Pro-Trump crazy hasn’t been limited to lawyers. The Republicans with whom I used to work would be equally appalled by today’s GOP officeholders. Florida Governor DeSantis is a good example of just how detached from competence and reality these people are.

In addition to urging Trump to “fight on,” DeSantis has continued to be one of the President’s staunchest supporters. He has publicly urged Republican-controlled Legislatures in Pennsylvania and Michigan to overturn results in those states. He also has accused Chief Justice John Roberts of undefined “crazy stuff.” (Perhaps, in addition to being a Trump ally, he has taken vocabulary lessons from The Donald.)

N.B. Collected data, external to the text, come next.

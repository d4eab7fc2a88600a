//! Least chains of terms.

ghost use Rattle.std.specs.Prelude.{◌≡◌, ◌-◌, ◌<◌, ◌≤◌, ◌^◌, ℕ, length, IfOk, slice_get, Some};
ghost use Rattle.std.specs.List.{AllByRecursion};
ghost use Rattle.ua_table.specs.declared.limits.TheConstants.{BUDGET};
ghost use Rattle.ua_table.specs.Listings.{IsListing, IsClosedListing};
ghost use Rattle.ua_table.specs.Orders.{IsSerialListing};
ghost use Rattle.ua_term.specs.Steps.{StepList};
ghost use Rattle.ua_chain.specs.Answers.{TellsChain, IsSerialChain};
ghost use Rattle.ua_chain.specs.inner.Closures.{AreStepsAt, AreMarkedNumbers, AreEvenNumbers, AreOddNumbers, generator_step};
ghost use Rattle.ua_identity.specs.Chains.{power_of, generators_of};

use crate::climbs::{climb_in, either};
use std::alloc::{AllocError, Global};
use ua_climb::Climb;
use ua_close::{Listing, steps_for};
use ua_identity::Kind;
use ua_table::{Algebra, Frame, Origin, Vectors};
use ua_term::Steps;

/// What is answered when a least chain is asked for.
#[derive(Drop, Debug)]
pub enum Chain {
    /// The terms of a chain of least length, each in steps: the first is generator 0 and, where there are more,
    /// the last the generator at which chains of the kind end.
    Yes(Vec<Steps>),
    /// The vectors of all terms, where there is no chain, and the positions of the rows that beginnings of
    /// chains reach at even and at odd indices, ascending. Where the kind does not tell these apart, all are
    /// among the even ones.
    No {
        list: Listing,
        even: Vec<u32>,
        odd: Vec<u32>,
    },
    /// One more of the vectors than the budget.
    Exceeds(Listing),
}

/// The one step that is generator j.
fn generator_steps(
    alloc: Global,
    frame: &Frame,
    gens: &Vectors,
    j: u32,
) -> Result<Steps, AllocError>
    requires { j < length gens.now.items }
    ensures { IfOk result (λ steps. steps ≡ generator_step frame.now gens.now.items j) }
{
    let shape = frame.shape(alloc)?;
    let steps = vec![in alloc; Origin::Gen { index: j }]?;
    let Ok(steps) = Steps::new(steps, &shape, gens.len()) else {
        unreachable!()
    };
    Ok(steps)
}

/// The steps of term k of a chain whose rows are these: the first is generator 0, and the last the last
/// generator.
fn term_steps(
    alloc: Global,
    frame: &Frame,
    gens: &Vectors,
    list: &Listing,
    rows: &[u32],
    k: usize,
) -> Result<Steps, AllocError>
    requires gens { 0 < length gens.now.items }
    requires index { k < length rows.now }
    requires rows { AllByRecursion (λ i. i < length list.now) rows.now }
    requires listing { IsListing frame.now gens.now.items list.now }
    ensures { IfOk result (AreStepsAt frame.now gens.now.items list.now rows.now (length gens.now.items - 1) k) }
{
    if k == 0 {
        generator_steps(alloc, frame, gens, 0)
    } else if k + 1 == rows.len() {
        generator_steps(alloc, frame, gens, gens.len() - 1)
    } else {
        steps_for(alloc, frame, gens, list, rows[k])
    }
}

/// The steps of the terms of a chain whose rows are these.
fn chain_steps(
    alloc: Global,
    frame: &Frame,
    gens: &Vectors,
    list: &Listing,
    rows: &[u32],
) -> Result<Vec<Steps>, AllocError>
    requires gens { 0 < length gens.now.items }
    requires rows { AllByRecursion (λ i. i < length list.now) rows.now }
    requires listing { IsListing frame.now gens.now.items list.now }
    ensures count { IfOk result (λ steps. length steps.items ≡ length rows.now) }
    ensures steps { IfOk result (λ steps. (j : ℕ) (s : StepList) → slice_get steps.items j ≡ Some s → AreStepsAt frame.now gens.now.items list.now rows.now (length gens.now.items - 1) j s) }
{
    let mut steps = Vec::with_capacity(alloc, rows.len())?;
    for k in 0..rows.len() {
        steps.push(term_steps(alloc, frame, gens, list, rows, k)?)?;
    }
    Ok(steps)
}

/// The numbers that are marked, ascending.
fn marked_numbers(alloc: Global, marks: &[bool]) -> Result<Vec<u32>, AllocError>
    requires { length marks.now < 2 ^ 32 }
    ensures { IfOk result (λ numbers. AreMarkedNumbers marks.now numbers.items) }
{
    let mut numbers = Vec::new(alloc);
    for (i, marked) in marks.iter().enumerate() {
        if *marked {
            numbers.push(i as u32)?;
        }
    }
    Ok(numbers)
}

/// The numbers that are told among the even ones.
fn even_numbers(
    alloc: Global,
    by_parity: bool,
    at_even: &[bool],
    at_odd: &[bool],
) -> Result<Vec<u32>, AllocError>
    requires same { length at_even.now ≡ length at_odd.now }
    requires few { length at_even.now < 2 ^ 32 }
    ensures { IfOk result (λ numbers. AreEvenNumbers by_parity at_even.now at_odd.now numbers.items) }
{
    if by_parity {
        marked_numbers(alloc, at_even)
    } else {
        let marks = either(alloc, at_even, at_odd)?;
        marked_numbers(alloc, marks.as_slice())
    }
}

/// The numbers that are told among the odd ones.
fn odd_numbers(alloc: Global, by_parity: bool, at_odd: &[bool]) -> Result<Vec<u32>, AllocError>
    requires { length at_odd.now < 2 ^ 32 }
    ensures { IfOk result (λ numbers. AreOddNumbers by_parity at_odd.now numbers.items) }
{
    if by_parity {
        marked_numbers(alloc, at_odd)
    } else {
        Ok(Vec::new(alloc))
    }
}

/// What a closed listing of the terms' vectors tells.
pub(crate) fn chain_in(
    alloc: Global,
    a: &Algebra,
    kind: &Kind,
    frame: &Frame,
    gens: &Vectors,
    list: Listing,
) -> Result<Chain, AllocError>
    requires frame { frame.now ≡ power_of a.now kind.now }
    requires generators { gens.now.items ≡ generators_of a.now kind.now }
    requires closed { (b : ℕ) × (b ≤ BUDGET) × IsClosedListing frame.now gens.now.items b list }
    ensures chain { IfOk result (λ chain. (b : ℕ) → IsClosedListing frame.now gens.now.items b list → TellsChain a.now kind.now b chain) }
    ensures serial { IfOk result (λ chain. (b : ℕ) → IsClosedListing frame.now gens.now.items b list → IsSerialListing frame.now gens.now.items list → IsSerialChain a.now kind.now b chain) }
{
    // What these calls ensure says that the parts of the kind fit together, and that the frame is narrow.
    let (_places, _width) = (kind.places(), frame.width());
    let size = a.size();
    let Some(start) = list.find(gens.get(0)) else {
        unreachable!()
    };
    let Some(end) = list.find(gens.get(gens.len() - 1)) else {
        unreachable!()
    };
    match climb_in(alloc, size, kind, &list, start, end)? {
        Climb::Rows(rows) => {
            let steps = chain_steps(alloc, frame, gens, &list, rows.as_slice())?;
            Ok(Chain::Yes(steps))
        }
        Climb::Reached { at_even, at_odd } => {
            let even = even_numbers(
                alloc,
                kind.by_parity(),
                at_even.as_slice(),
                at_odd.as_slice(),
            )?;
            let odd = odd_numbers(alloc, kind.by_parity(), at_odd.as_slice())?;
            Ok(Chain::No { list, even, odd })
        }
    }
}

DeSantis’ lack of competence has been most damaging, of course, in his refusal to follow medical advice with respect to the pandemic. In a recent speech, he criticized the Centers for Disease Control and Prevention for its “ridiculous” studies on the Covid-19 outbreak, which he said were more about “affirming” the positions of “bureaucrats” than science.

I don’t think this guy can spell science. He has steadily resisted imposing state-level restrictions on gatherings or mandating–or even encouraging– mask-wearing, even as Florida has reported more than 1 million cases.

If DeSantis were the only Republican governor inhabiting an alternate reality, you might chalk up his election to the fact that Florida voters include lots of elderly folks with dementia, but there are several others. Just last week, Oklahoma Gov. Kevin Stitt, who has refused to issue a mask mandate, declared a “day of prayer and fasting” for those affected by the pandemic. (I thought God helped those who helped themselves…)

And that, of course, leads me back to my recurring question: who believes these clowns? Who takes them seriously?

Evidently, thousands, perhaps even millions, of people do–they send money to the demented lawyers, vote for the science-and-expertise-rejecting politicians. They post comments to Facebook asserting that an election that was won by over seven million votes was somehow “rigged,” and that failure to acknowledge that “fraud” is to believe “fake news.”

If there’s a psychiatrist reading this blog, can you weigh in and explain the appeal of obvious lunacy? Because I really, truly do not get it.